Seufzend lasse ich mich auf einen Küchenstuhl fallen und nehme einen tiefen Schluck aus der Flasche. Plötzlich höre ich aufgeregte Stimmen im Haus. Gleich darauf klingelt es und ich beeile mich, um an die Tür zu kommen. Frau Schneider, die eine Etage unter mir wohnt, fuchtelt wild mit ihren Armen und redet so schnell, dass ich kaum was verstehen kann. Das einzige, was ich verstehe ist ´Martin´. Hieß nicht der Kleine unter mir so? Nichts Gutes ahnend greife ich mir meine Schlüssel und ziehe die Türe zu. Ohne weiter auf die alte Dame zu achten renne ich die Treppen nach unten. Eine Etage tiefer steht eine Leiter vor den Fenstern im Flur. Auf der Leiter steht mein Nachbar, in inniger Umklammerung mit dieser.
Obwohl ich es gerne tun würde, verkneife ich mir mein Grinsen, als ich seinen verzweifelten Blick sehe. „Hatte Ihre Freundin nicht gesagt, dass Sie Höhenangst haben?“, frage ich ihn und kann mir ein Schmunzeln nicht verkneifen. Zaghaft nickt er.
„Und warum stehen Sie dann auf der Leiter?“, neugierig schaue ich ihn an. Bevor er mir antworten kann, werde ich von Frau Schneider aufgeklärt, die für ihr Alter noch recht fix auf der Treppe ist und schon neben mir steht.
„Ich habe ihn gebeten meine Fenster zu putzen, da ich doch mit dem Hausputz dran bin. Mein Sohn hatte keine Zeit, der macht das nämlich sonst immer und da habe ich Martin gefragt“, erzählt sie aufgeregt und noch leicht außer Atem. „Aber ich kann doch nicht ahnen, dass der junge Mann Höhenangst hat“, verzweifelt schaut sie mich an. „Können Sie ihn dort runter holen, er hört einfach nicht auf mich, ich habe schon alles versucht.“ Grinsend nicke ich und drehe mich zu meinem Nachbarn um, der immer noch total verkrampft auf der Leiter steht.

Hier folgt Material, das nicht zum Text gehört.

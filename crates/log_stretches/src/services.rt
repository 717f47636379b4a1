//! When requests arrived and when they got their slots.

ghost use Rattle.std.specs.Prelude.{◌≡◌, IfOk, filter_map};
ghost use Rattle.log_stretches.specs.Services.{service_in};
ghost use Rattle.log_stretches.specs.Stretches.{stretches_of};

use crate::course::Course;
use crate::stretch::{Lane, Stretch};
use due_key::{Class, Due, Moment};
use std::alloc::{AllocError, Global};

/// A request that got a slot, with its arrival.
#[derive(Clone, Copy, Debug, PartialEq, Eq)]
pub struct Served {
    pub ticket: u64,
    pub class: Class,
    pub due: Due,
    pub came: Moment,
    /// When it got its slot.
    pub slot_moment: Moment,
    pub server: usize,
}

/// Returns the requests of a log that got a slot, in the order in which they got them; a request
/// with two slots stands there twice.
pub fn services_in(alloc: Global, course: &Course) -> Result<Vec<Served>, AllocError>
    ensures { IfOk result (λ services. services.items ≡ filter_map (service_in course.now) (stretches_of course.now)) }
{
    course
        .stretches()
        .iter()
        .filter_map(|stretch| service_in(course, stretch))
        .collect(alloc)
}

fn service_in(course: &Course, stretch: &Stretch) -> Option<Served>
    ensures { result ≡ service_in course.now stretch.now }
{
    let Lane::Server(server) = stretch.lane else {
        return None;
    };
    let came = course.arrival(stretch.ticket)?;
    Some(Served {
        ticket: stretch.ticket,
        class: came.arrival.class,
        due: came.arrival.due,
        came: came.moment,
        slot_moment: course.moment(stretch.from),
        server,
    })
}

Auf einmal schrillt ein lautes Piepsen durchs Haus. „Oh, mein Kuchen ist fertig“, ruft Frau Schneider. „Kommen Sie alleine klar?“, fragt sie unsicher. Dabei geht sie schon in Richtung ihrer Wohnung, aus der es lecker duftet, da die Wohnungstür einen Spalt offen steht.
„Gehen Sie ruhig. Ich mach das schon“, beruhige ich sie und greife nach der Leiter. „Martin. Richtig?“, spreche ich ihn an und bekomme wieder ein zögerliches Nicken als Antwort. „Ich heiße Christian. Wir haben uns ja am Samstag nicht vorgestellt“, versuche ich ihn abzulenken. „So, wir machen es wie letztes Mal“, weise ich ihn leise an, „du schließt die Augen und versuchst dich zu entspannen.“
„Okay“, kommt es zittrig von Martin und er schließt die Augen. Bei meinem Griff an seine Hüften lässt er wieder die Leiter los, ich hebe ihn runter und ziehe ihn an mich, was sich erneut verdammt gut anfühlt. Augenblicklich fängt er an zu zittern. Ihn auf die Arme nehmend flüstere ich ihm Worte zur Beruhigung zu, gehe zu seiner Wohnung und öffne sie, da der Schlüssel von draußen steckt. Nachdem ich die Tür mit meinem Fuß zugeschubst habe, setze ich ihn vorsichtig auf dem Sofa ab und hocke mich vor ihn hin. Er zittert immer noch und ich streiche über seine Knie. „Hey, alles gut“, raune ich ihm zu. „Soll ich deine Freundin anrufen?“ Energisch schüttelt er den Kopf, hebt seinen Blick und schaut mich mit seinen Schokoaugen an.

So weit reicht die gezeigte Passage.